Skyline_BNR34 wrote:
It's interesting how people can hold onto their life just long enough to see something happen to their children or grandchildren.
Oh, yeah, that happens all the time. The cousin that's getting married is on my mother's side, but my grandmother there isn't doing too well, either, and hasn't ever since, again,
her husband died just about five years ago. I would not be surprised if she dies within a month after my cousin's wedding, but I don't think that she will because she's been the same for so long now and is always surprising everyone haha. She's a strong woman. I think she's currently... Oh, 84? Something like that. My mother is the youngest of six.

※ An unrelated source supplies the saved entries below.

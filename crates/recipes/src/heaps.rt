// Heaps made by the calls from a recipe, for soundings that begin with one. A recipe is steps; a step is a name, numbers, and a semicolon:
//   open 4;            setting up, with n
//   push 2;            so many regions more
//   record 0 8 15;     a record more in a region: the region, its words
//   words 0 83 104;    a raw value more
//   assign 8 0 15;     a field of the record that a word points to becomes a word
//   name 0 20;         a root becomes a word
// in front of them, where the heap is not to be a new one:
//   label;             the heap of document 01's image: "Sh", and a record of it and the number 7
//   four;              four raw values in two pages
// and what is done behind the calls:
//   heap 6 12;  table 3 1;  spoil 0 12;      a word of the heap, of the table, of the roots
//   control 1 2 2 1;                         R, free first, free last and free count of the record
ghost use Rattle.std.specs.Prelude.{◌≡◌, length, Ok, Err, IfOk, IfErr};
ghost use Rattle.recipes.specs.Heaps.{lengths};

use crate::cutting::{name_of, numbers_of};
use access::set_root;
use allocation::allocate;
use assignment::assign;
use conversions::region_numbered;
use regions::push;
use rules::{Control, Kind, Lent, Refusal, Refused};
use setting_up::set_up;
use telling::say::Given;

// The heap of document 01's image, in pages of 16 words: "Sh" at 2, its record at 5, which is root 0.
const LABEL: &str = "push 1;words 0 83 104;record 0 8 15;name 0 20;";

// Raw values of 7, 7, 10 and 4 words, headers counted, with roots that name the 10, 7, 7 and 4.
const FOUR: &str =
    "push 1;words 0 5 5 5 5 5 5;words 0 6 6 6 6 6 6;words 0 7 7 7 7 7 7 7 7 7;words 0 8 8 8;name 0 72;name 1 8;name 2 36;name 3 112;";

// The record of no heap, before one is set up.
pub const NO_RECORD: Control = Control {
    n: 0,
    regions: 0,
    first: 0,
    last: 0,
    count: 0,
};

// What the calls are lent, and the record that stands. A part that one call writes and another only reads is lent to both as one that may be written.
#[derive(Drop)]
pub struct Parts<'h, 't, 'r, 'c> {
    pub heap: &'h mut [u32],
    pub table: &'t mut [u32],
    pub roots: &'r mut [u32],
    pub consts: &'c [u32],
    pub control: Control,
}

// One word of a part changed behind the calls.
fn poke(part: &mut [u32], i: u32, w: u32) {
    if let Some(word) = part.get_mut(i as usize) {
        *word = w;
    }
}

impl Parts<'_, '_, '_, '_> {
    // What a call is lent that only reads.
    pub fn lent(&self) -> Lent<'_>
        ensures heap { result.heap.now ≡ self.now.heap.now }
        ensures table { result.table.now ≡ self.now.table.now }
        ensures roots { result.roots.now ≡ self.now.roots.now }
        ensures consts { result.consts.now ≡ self.now.consts.now }
        ensures record { result.control ≡ self.now.control }
    {
        Lent {
            heap: self.heap,
            table: self.table,
            roots: self.roots,
            consts: self.consts,
            control: self.control,
        }
    }

    // The record that a call hands back is the one that stands; what the call gave.
    fn kept(&mut self, answer: Result<(Given, Control), Refused>) -> Result<Given, Refusal>
        ensures ok { IfOk answer (λ a. (result ≡ Ok a.0) × (self.new ≡ record self.old { control = a.1 })) }
        ensures err { IfErr answer (λ r. (result ≡ Err r.why) × (self.new ≡ record self.old { control = r.control })) }
    {
        match answer {
            Ok((given, control)) => {
                self.control = control;
                Ok(given)
            }
            Err(refused) => {
                self.control = refused.control;
                Err(refused.why)
            }
        }
    }

    // A call that gives nothing but the record.
    pub fn done(&mut self, answer: Result<Control, Refused>) -> Result<Given, Refusal>
        ensures ok { IfOk answer (λ c. (result ≡ Ok Given.Done) × (self.new ≡ record self.old { control = c })) }
        ensures err { IfErr answer (λ r. (result ≡ Err r.why) × (self.new ≡ record self.old { control = r.control })) }
    {
        self.kept(answer.map(|control| (Given::Done, control)))
    }

    // A call that is given no record. A refused one leaves none.
    pub fn opened(&mut self, answer: Result<Control, Refusal>) -> Result<Given, Refusal>
        ensures ok { IfOk answer (λ c. (result ≡ Ok Given.Done) × (self.new ≡ record self.old { control = c })) }
        ensures err { IfErr answer (λ why. (result ≡ Err why) × (self.new ≡ record self.old { control = NO_RECORD })) }
    {
        self.done(answer.map_err(|why| Refused {
            why,
            control: NO_RECORD,
        }))
    }

    fn open(&mut self, n: u32) -> Result<Given, Refusal>
        ensures { lengths self.new ≡ lengths self.old }
    {
        let answer = set_up(self.heap, self.table, self.roots, self.consts, n);
        self.opened(answer)
    }

    // So many regions more, as far as there are pages.
    fn push(&mut self, regions: u32) -> Result<Given, Refusal>
        ensures { lengths self.new ≡ lengths self.old }
    {
        for _ in 0..regions {
            let c = self.control;
            let roots = &mut *self.roots;
            let answer = push(self.heap, self.table, roots, self.consts, c);
            self.done(answer)?;
        }
        Ok(Given::Done)
    }

    // A value more in region j.
    fn store(&mut self, kind: Kind, j: u32, words: &[u32]) -> Result<Given, Refusal>
        ensures { lengths self.new ≡ lengths self.old }
    {
        let c = self.control;
        let j = region_numbered(j as usize);
        let (roots, consts) = (&mut *self.roots, self.consts);
        let answer = allocate(self.heap, self.table, roots, consts, c, j, kind, words);
        self.kept(answer.map(|(w, control)| (Given::Word(w), control)))
    }

    // A field of the record that a word points to becomes a word.
    fn assign(&mut self, target: u32, field: u32, w: u32) -> Result<Given, Refusal>
        ensures { lengths self.new ≡ lengths self.old }
    {
        let c = self.control;
        let (table, roots, consts) = (&mut *self.table, &mut *self.roots, self.consts);
        let field = field as usize;
        let answer = assign(self.heap, table, roots, consts, c, target, field, w);
        self.done(answer)
    }

    // A root becomes a word.
    fn name(&mut self, root: u32, w: u32) -> Result<Given, Refusal>
        ensures { lengths self.new ≡ lengths self.old }
    {
        let c = self.control;
        let (heap, table, consts) = (&mut *self.heap, &mut *self.table, self.consts);
        let answer = set_root(heap, table, self.roots, consts, c, root as usize, w);
        self.done(answer)
    }

    // The record with another R, free first, free last and free count.
    fn set_control(&mut self, regions: u32, first: u32, last: u32, count: u32)
        ensures { lengths self.new ≡ lengths self.old }
    {
        let n = self.control.n;
        self.control = Control {
            n,
            regions,
            first,
            last,
            count,
        };
    }

    // What is done behind the calls. A name that stands for no such step does nothing.
    fn spoil(&mut self, name: &str, numbers: &[u32])
        ensures { lengths self.new ≡ lengths self.old }
    {
        match (name, numbers) {
            ("heap", [i, w]) => poke(self.heap, *i, *w),
            ("table", [i, w]) => poke(self.table, *i, *w),
            ("spoil", [i, w]) => poke(self.roots, *i, *w),
            ("control", [regions, first, last, count]) => {
                self.set_control(*regions, *first, *last, *count)
            }
            _ => {}
        }
    }

    // The step that a text is, and what its call gave.
    pub fn step(&mut self, text: &str) -> Result<Given, Refusal>
        ensures { lengths self.new ≡ lengths self.old }
    {
        let mut row = [0; 16];
        let name = name_of(text);
        let numbers = numbers_of(text, &mut row);
        match (name, numbers) {
            ("open", [n]) => self.open(*n),
            ("push", [regions]) => self.push(*regions),
            ("record", [j, words @ ..]) => self.store(Kind::Record, *j, words),
            ("words", [j, words @ ..]) => self.store(Kind::Raw, *j, words),
            ("assign", [target, field, w]) => self.assign(*target, *field, *w),
            ("name", [root, w]) => self.name(*root, *w),
            _ => {
                self.spoil(name, numbers);
                Ok(Given::Done)
            }
        }
    }

    // The steps of a recipe, in their order. One that is refused changes nothing.
    fn follow(&mut self, recipe: &str)
        ensures { lengths self.new ≡ lengths self.old }
    {
        for step in recipe.split(';') {
            let _ = self.step(step);
        }
    }

    // The heap that a recipe makes, in pages of 16 words.
    pub fn make(&mut self, recipe: &str)
        ensures { lengths self.new ≡ lengths self.old }
    {
        let _ = self.open(4);
        if recipe.starts_with("label;") {
            self.follow(LABEL);
        } else if recipe.starts_with("four;") {
            self.follow(FOUR);
        }
        self.follow(recipe);
    }
}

Conversely, my grandfather that died when I was eleven did so five months before my youngest brother was born, but he died of lung cancer due to smoking and was in a coma for about a week before he finally left, so I don't think his will mattered much in that circumstance... I watched his decline because I was staying at the same house where he and my grandmother were and where he died, his sister's house, for much of the winter leading up to his death, and I'd only been home for about a month when he went into a coma and we went back goodbye. I was there when he died... In retrospect I am not sure why I was allowed to stay with them for so long. I know that I wanted to because he was my favorite grandparent and I knew that he was dying, but it's still weird to me that my parents allowed it. I don't think most would... But, yeah, I was homeschooled, so it wasn't that big of a deal I guess. I still got school done.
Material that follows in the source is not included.